Atlas isn’t just another web browser with a chatbot plugin. It’s designed from the ground up around ChatGPT, integrating AI into every interaction. When you open a page, the browser automatically displays a split-screen: one side shows the webpage, and the other shows ChatGPT’s companion chat window. This setup allows you to talk to your search results, summarize articles, rewrite text, or even ask follow-up questions without leaving the page.
The browser also introduces cursor chat, a feature that lets users highlight any text, like an email or document, and instantly ask ChatGPT to tidy up, summarize, or rephrase it inline. This feature extends ChatGPT’s usefulness beyond simple search to more practical, everyday writing tasks.
One of Atlas’ standout features is memory. The browser can remember the websites you visit and the context of your past interactions to offer more personalized and context-aware answers. Users can manage or delete these memories anytime from the settings and even open incognito windows for private browsing. OpenAI says this feature makes the experience feel more like an ongoing conversation than a series of disconnected queries.
Another major addition is Agent Mode, available initially to ChatGPT Plus, Pro, and Business users. With it, ChatGPT can take actions directly in the browser, like booking flights, making reservations, or editing a document. It builds on OpenAI’s earlier experiments with agentic AI, such as the Operator and ChatGPT Agent prototypes, which allowed AI to use a computer on a user’s behalf.

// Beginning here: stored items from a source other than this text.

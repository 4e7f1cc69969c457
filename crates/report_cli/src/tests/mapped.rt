//! Ignore rules that the index has as blobs.
use super::rows::{A_FILE, Row};
use worktree_fs::NewNode;

/// The index has the rules at the root, and in a directory.
const TWO: &[(&[u8], NewNode<'static>)] = &[(b"/w/a.o", A_FILE), (b"/w/a/b.o", A_FILE)];

pub static MAPPED: [Row; 7] = [
    Row {
        name: "rules in a blob",
        nodes: &[(b"/w/a.o", A_FILE)],
        setup: b"index 100644 0 - 1111111111111111111111111111111111111111 .gitignore\nblob 1111111111111111111111111111111111111111 *.o\\0a\noption ignore_source mapping\noption emit_ignored matching\n",
        status: 0,
        out: b"ignored file - always - -\ta.o\n",
        err: b"",
    },
    Row {
        name: "a blob that is not there",
        nodes: &[(b"/w/a.o", A_FILE)],
        setup: b"index 100644 0 - 1111111111111111111111111111111111111111 .gitignore\noption ignore_source mapping\noption emit_ignored matching\n",
        status: 4,
        out: b"",
        err: b"walk: blob 1111111111111111111111111111111111111111\n",
    },
    Row {
        name: "rules in two blobs, of which one is in a directory",
        nodes: TWO,
        setup: b"index 100755 0 - - .gitattributes\nindex 100644 0 s 1111111111111111111111111111111111111111 .gitignore\nindex 100644 0 - 2222222222222222222222222222222222222222 a/.gitignore\nblob 1111111111111111111111111111111111111111 *.o\nblob 2222222222222222222222222222222222222222 !b.o\noption ignore_source mapping\noption emit_ignored matching\n",
        status: 0,
        out: b"ignored file - always - -\ta.o\nuntracked file - always - -\ta/b.o\n",
        err: b"",
    },
    Row {
        name: "the same after the worktree, from which one of them is left out",
        nodes: TWO,
        setup: b"index 100755 0 - - .gitattributes\nindex 100644 0 s 1111111111111111111111111111111111111111 .gitignore\nindex 100644 0 - 2222222222222222222222222222222222222222 a/.gitignore\nblob 1111111111111111111111111111111111111111 *.o\nblob 2222222222222222222222222222222222222222 !b.o\noption emit_ignored matching\n",
        status: 0,
        out: b"ignored file - always - -\ta.o\nignored file - always - -\ta/b.o\n",
        err: b"",
    },
    Row {
        name: "a rules file in the worktree before the blob that it is mapped to",
        nodes: &[(b"/w/a.o", A_FILE), (b"/w/.gitignore", NewNode::File(b"b"))],
        setup: b"index 100644 0 s 1111111111111111111111111111111111111111 .gitignore\nblob 1111111111111111111111111111111111111111 *.o\noption emit_ignored matching\n",
        status: 0,
        out: b"untracked file - always - -\ta.o\n",
        err: b"",
    },
    Row {
        name: "a rules file that is a link, though it is mapped to a blob",
        nodes: &[
            (b"/w/a.o", A_FILE),
            (b"/w/r", NewNode::File(b"*.o")),
            (b"/w/.gitignore", NewNode::Link(b"r")),
        ],
        setup: b"index 100644 0 s 1111111111111111111111111111111111111111 .gitignore\nblob 1111111111111111111111111111111111111111 *.o\n",
        status: 4,
        out: b"",
        err: b"walk: rules-file /w/.gitignore\n",
    },
    Row {
        name: "a rules file that is a link, and not mapped",
        nodes: &[
            (b"/w/a.o", A_FILE),
            (b"/w/r", NewNode::File(b"*.o")),
            (b"/w/.gitignore", NewNode::Link(b"r")),
        ],
        setup: b"index 100644 0 - 1111111111111111111111111111111111111111 .gitignore\n",
        status: 0,
        out: b"untracked file - always - -\tr\n",
        err: b"",
    },
];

Agent Mode brings those capabilities into a native browser environment, allowing for real task automation. However, as with other early AI agents (like those in Perplexity’s Comet browser), it still struggles with complex web interactions, so real-world reliability remains to be seen.
The launch of Atlas comes as AI browsers are rapidly emerging as the next battleground in the tech world. Google is integrating its Gemini assistant deeper into Chrome, aiming to let it handle routine online chores like scheduling or shopping. Microsoft has done the same with Edge, while startups like Perplexity are pushing ahead with their own AI browsers, such as Comet, which combines a search engine with an answer-focused chatbot.
Atlas, however, has one big advantage, it directly ties into ChatGPT, the world’s most widely used conversational AI system. With the sidecar chat interface, memory-based personalization, and task automation through Agent Mode, OpenAI hopes to redefine how users interact with the web itself.